Bei der Bushaltestelle Witzenhausen Ludwigstein an der Landstraße nahe der Einmündung in die B 27 nahe Weilershausen und der Burg Ludwigstein beginne ich meine Wanderung am nördlichen Ende des Parkplatzes. Von hier aus folge ich der Markierung X5H des Werra-Burgen-Steigs, auf dem hier der E6 verläuft direkt an der Sitzgruppe (Ausschilderung Burg Ludwigstein 500 m) vorbei auf dem schmalen, ansteigenden Hangweg aufwärts zur Burg Ludwigstein, wo der Weg auf eine asphaltierte Straße mündet. Dieser folge ich nach rechts (X5H) abwärts etwa 350 Meter, zur Linken tut sich hier eine grössere, ebene Fläche auf. Hier verlasse ich die Straße nach rechts (X5H) in einen Feldweg und folge dem Rechtsbogen (X5H) des breiten Feldweges.
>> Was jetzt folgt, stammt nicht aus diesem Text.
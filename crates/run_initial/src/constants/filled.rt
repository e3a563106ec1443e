//! Values of which each leaf is filled alike: zeros and poison (LangRef, "Simple Constants", "Undefined Values", "Poison Values").
ghost use Rattle.std.specs.Prelude.{◌≡◌, ◌++◌, ◌∷◌, [], ◌<◌, All, OnOk, length};
ghost use Rattle.run_rules.specs.Leaves.{zero_leaf};
ghost use Rattle.run_names.specs.Shapes.Shapes.{shape_in, shapes_in};
ghost use Rattle.run_initial.specs.Constants.Filled.{all_filled, copies, filled, leaf_in};

use ir_eval::{Pointer, Scalar};
use ir_memory::Leaf;
use run_names::shapes::{TypeForm, form_of, parts};
use std::alloc::AllocError;
use type_table::{TypeId, TypeTable};

/// What stands in each leaf of a value.
///
/// ```
/// Fill::Zero // of `zeroinitializer`, and of `undef`
/// Fill::Poison // of `poison`
/// ```
#[derive(Clone, Copy)]
pub enum Fill {
    /// The number 0, or null.
    Zero,
    /// Poison, of integers and pointers alike.
    Poison,
}

/// Zero, or null.
pub(crate) fn zero(kind: Leaf) -> Scalar
    ensures { result ≡ zero_leaf kind }
{
    match kind {
        Leaf::Int(_) => Scalar::Int(0),
        Leaf::Ptr => Scalar::Ptr(Pointer {
            block: None,
            address: 0,
        }),
    }
}

/// What stands in a leaf.
pub fn leaf_in(fill: Fill, kind: Leaf) -> Scalar
    ensures { result ≡ leaf_in fill kind }
{
    match fill {
        Fill::Zero => zero(kind),
        Fill::Poison => Scalar::Poison,
    }
}

/// Appends a leaf.
pub(crate) fn push_leaf(into: &mut Vec<Scalar>, leaf: Scalar) -> Result<(), AllocError>
    ensures { OnOk result (into.new.items ≡ into.old.items ++ leaf ∷ []) }
{
    into.push(leaf)?;
    Ok(())
}

/// Appends the leaves of a value of that type, each filled so.
#[cycle(fill)]
pub(crate) fn push_filled(
    types: &TypeTable,
    fill: Fill,
    ty: TypeId,
    into: &mut Vec<Scalar>,
) -> Result<(), AllocError>
    requires { ty < length types.now.types }
    ensures { OnOk result (into.new.items ≡ into.old.items ++ filled fill (shape_in types.now ty)) }
{
    let parts = parts(types, ty);
    match form_of(types, ty) {
        TypeForm::Int(width) => push_leaf(into, leaf_in(fill, Leaf::Int(width))),
        TypeForm::Pointer => push_leaf(into, leaf_in(fill, Leaf::Ptr)),
        TypeForm::Array(count) => push_copies(types, fill, parts[0], count, into),
        TypeForm::Struct(_packed) => push_fields(types, fill, parts, into),
        TypeForm::Nothing => Ok(()),
        TypeForm::Opaque => Ok(()),
    }
}

/// The same of so many values one behind the other.
#[cycle(fill)]
fn push_copies(
    types: &TypeTable,
    fill: Fill,
    element: TypeId,
    count: u64,
    into: &mut Vec<Scalar>,
) -> Result<(), AllocError>
    requires { element < length types.now.types }
    ensures { OnOk result (into.new.items ≡ into.old.items ++ copies count (filled fill (shape_in types.now element))) }
{
    'elements: for _place in 0..count {
        let before = into.len();
        push_filled(types, fill, element, into)?;
        // There may be many values without a leaf.
        if into.len() == before {
            return Ok(());
        }
    }
    Ok(())
}

/// The same of values of those types one behind the other.
#[cycle(fill)]
fn push_fields(
    types: &TypeTable,
    fill: Fill,
    fields: &[TypeId],
    into: &mut Vec<Scalar>,
) -> Result<(), AllocError>
    requires { All (λ ty. ty < length types.now.types) fields.now }
    ensures { OnOk result (into.new.items ≡ into.old.items ++ all_filled fill (shapes_in types.now fields.now)) }
{
    'fields: for field in fields {
        push_filled(types, fill, *field, into)?;
    }
    Ok(())
}
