//! How far indices lead into a value (LangRef, "getelementptr Instruction").
ghost use Rattle.std.specs.Prelude.{◌≡◌, ◌*◌, ◌^◌, ◌<◌, ◌≤◌, IfSome, Some, length, pos};
ghost use Rattle.ir_eval.specs.Value.{IsInteger, IsWidth};
ghost use Rattle.run_actions.specs.Accesses.Near.{IsNear};
ghost use Rattle.run_rules.specs.Displace as rules;
ghost use Rattle.run_rules.specs.Leaves as leaves;
ghost use Rattle.type_table.specs.Layout.{size};
ghost use Rattle.type_table.specs.Shape.{nesting};
ghost use Rattle.type_table.specs.declared.measure.TheConstants.{NESTING_LIMIT, SIZE_LIMIT};
ghost use Rattle.run_names.specs.Shapes.Shapes.{shape_in};
ghost use Rattle.run_initial.specs.Constants.Places.{IsPlace, index_at, offset_at, shape_at, term_reach};
ghost use Rattle.run_initial.specs.Constants.Sound.{names_of};

use ir_eval::{Pointer, Scalar};
use run_actions::accesses::{displaced_by, reach, sum};
use run_names::Names;
use run_names::shapes::{element, element_offset, elements, layout_of};
use type_table::{TypeId, TypeTable};

/// Where indices have led to so far.
#[derive(Clone, Copy)]
pub(crate) enum PathPlace {
    /// To values of that type, which the next index counts.
    Whole(TypeId),
    /// To a part of that type.
    Inside(TypeId),
    /// To no part.
    Nowhere,
}

/// How far indices have led so far.
#[derive(Clone, Copy)]
pub(crate) struct Reached {
    place: PathPlace,
    /// In bytes; None where an index is poison.
    pub distance: Option<i128>,
}

/// Before the first index, which counts values of that type.
pub(crate) fn before_all(types: &TypeTable, ty: TypeId) -> Reached
    requires known { ty < length types.now.types }
    ensures start { result ≡ record { place = PathPlace.Whole ty; distance = Some (pos 0) } }
    ensures few { nesting (shape_in types.now ty) ≤ NESTING_LIMIT }
{
    // No type of a table nests deeper than its limits.
    let _count = types.type_count();
    Reached {
        place: PathPlace::Whole(ty),
        distance: Some(0),
    }
}

/// The number of a leaf that is an integer, and 0 of another.
pub fn number_of(leaf: Scalar) -> u128
    ensures { result ≡ rules.number_of leaf }
{
    match leaf {
        Scalar::Int(number) => number,
        Scalar::Ptr(_) | Scalar::Poison => 0,
    }
}

/// How far so many values of that type reach, in bytes. The index is an integer of that width.
fn reach_over(types: &TypeTable, ty: TypeId, index: Scalar, width: u8) -> Option<i128>
    requires place { IsPlace types.now (PathPlace.Whole ty) }
    requires width { IsWidth width }
    requires index { IsInteger width index }
    ensures value { result ≡ rules.reach index width (size (shape_in types.now ty)) }
    ensures near { IfSome result (IsNear (2 ^ 63 * SIZE_LIMIT)) }
{
    // No type that lies in memory is larger than the limits of a table.
    let _count = types.type_count();
    reach(index, width, layout_of(types, ty).size)
}

/// How far it is to the field with that index, in bytes; 0 in a type that is no struct.
fn reach_to_field(types: &TypeTable, ty: TypeId, index: Scalar) -> Option<i128>
    requires place { IsPlace types.now (PathPlace.Inside ty) }
    ensures value { result ≡ rules.reach (Scalar.Int (offset_at (shape_in types.now ty) (rules.number_of index))) 64 1 }
    ensures near { IfSome result (IsNear (2 ^ 63 * SIZE_LIMIT)) }
{
    let offset = element_offset(types, ty, number_of(index));
    reach(Scalar::Int(offset as u128), 64, 1)
}

/// How far an index leads from where indices have led to so far, in bytes; None where it is poison.
fn reach_in(types: &TypeTable, place: PathPlace, index: Scalar, width: u8) -> Option<i128>
    requires place { IsPlace types.now place }
    requires width { IsWidth width }
    requires index { IsInteger width index }
    ensures value { result ≡ term_reach (rules.inner_term (shape_at types.now place) (index_at index width)) }
    ensures near { IfSome result (IsNear (2 ^ 63 * SIZE_LIMIT)) }
{
    match place {
        PathPlace::Whole(ty) => reach_over(types, ty, index, width),
        PathPlace::Inside(ty) => match elements(types, ty) {
            Some(element) => reach_over(types, element, index, width),
            None => reach_to_field(types, ty, index),
        },
        PathPlace::Nowhere => Some(0),
    }
}

/// Where that index leads to.
fn place_in(types: &TypeTable, place: PathPlace, index: Scalar) -> PathPlace
    requires place { IsPlace types.now place }
    ensures place { IsPlace types.now result }
    ensures shape { shape_at types.now result ≡ leaves.element (shape_at types.now place) (rules.number_of index) }
{
    match place {
        PathPlace::Whole(ty) => PathPlace::Inside(ty),
        PathPlace::Inside(ty) => match element(types, ty, number_of(index)) {
            Some(part) => PathPlace::Inside(part),
            None => PathPlace::Nowhere,
        },
        PathPlace::Nowhere => PathPlace::Nowhere,
    }
}

/// Behind that index, an integer of that width.
pub(crate) fn reached_by(types: &TypeTable, reached: Reached, index: Scalar, width: u8) -> Reached
    requires place { IsPlace types.now reached.place }
    requires near { IfSome reached.distance (IsNear (2 ^ 125)) }
    requires width { IsWidth width }
    requires index { IsInteger width index }
    ensures place { IsPlace types.now result.place }
    ensures shape { shape_at types.now result.place ≡ leaves.element (shape_at types.now reached.place) (rules.number_of index) }
    ensures distance { result.distance ≡ rules.sum_of reached.distance (term_reach (rules.inner_term (shape_at types.now reached.place) (index_at index width))) }
    ensures near { IfSome (term_reach (rules.inner_term (shape_at types.now reached.place) (index_at index width))) (IsNear (2 ^ 63 * SIZE_LIMIT)) }
{
    let further = reach_in(types, reached.place, index, width);
    let distance = sum(reached.distance, further);
    let place = place_in(types, reached.place, index);
    Reached { place, distance }
}

/// A pointer moved by a distance in bytes; `inbounds` asks for the bounds of its variable.
fn moved_pointer(names: &Names<'_>, inbounds: bool, pointer: Pointer, distance: i128) -> Scalar
    ensures { result ≡ rules.displaced (names_of names.now).bounds inbounds (Scalar.Ptr pointer) (Some distance) }
{
    let bounds = if inbounds {
        names.bounds(pointer)
    } else {
        None
    };
    displaced_by(pointer, distance, bounds)
}

/// A base moved by a distance in bytes, which is not known where an index is poison.
pub(crate) fn moved(
    names: &Names<'_>,
    inbounds: bool,
    base: Scalar,
    distance: Option<i128>,
) -> Scalar
    ensures { result ≡ rules.displaced (names_of names.now).bounds inbounds base distance }
{
    match base {
        Scalar::Ptr(pointer) => match distance {
            Some(distance) => moved_pointer(names, inbounds, pointer, distance),
            None => Scalar::Poison,
        },
        Scalar::Int(_) | Scalar::Poison => Scalar::Poison,
    }
}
2012/Oktober/24_0001.jpgBlick aus der Feldmark zurück auf die Burg Ludwigstein

Etwa 50 Meter weiter verlasse ich bei einer Bank diesen breiten Feldweg nach links (X5H) in einen schmalen, ansteigenden Weg, dem ich zu seiner Einmündung in einen schräg verlaufenden Querweg etwa 60 Meter vor dem Waldrand folge. Diesem Querweg folge ich nach links etwa 10 Meter, um ihn dann bereits nach rechts (X5H, E6) in einen schmalen, ansteigenden Grasweg zu verlassen. Er mündet, direkt vor dem Waldrand, in einen Querweg, dem ich nun nach links (X5H, E6) folge. Bei einer Bank wird der Weg zu einem Fußpfad und führt aufwärts (X5H) in den Wald. Ich erreiche einen schmalen Waldweg, dem ich nach links (X5H) folge. Nach einer Rechtskurve steigt der Weg dann recht kräftig an und mündet auf einen breiteren Waldweg, dem ich nach links (X5H, E6) leicht abwärts aus dem Wald folge. Von der Waldspitze an folge ich dann geradeaus (X5H) dem Weg leicht ansteigend durch das offene Gelände zum gegenüberliegenden Wald.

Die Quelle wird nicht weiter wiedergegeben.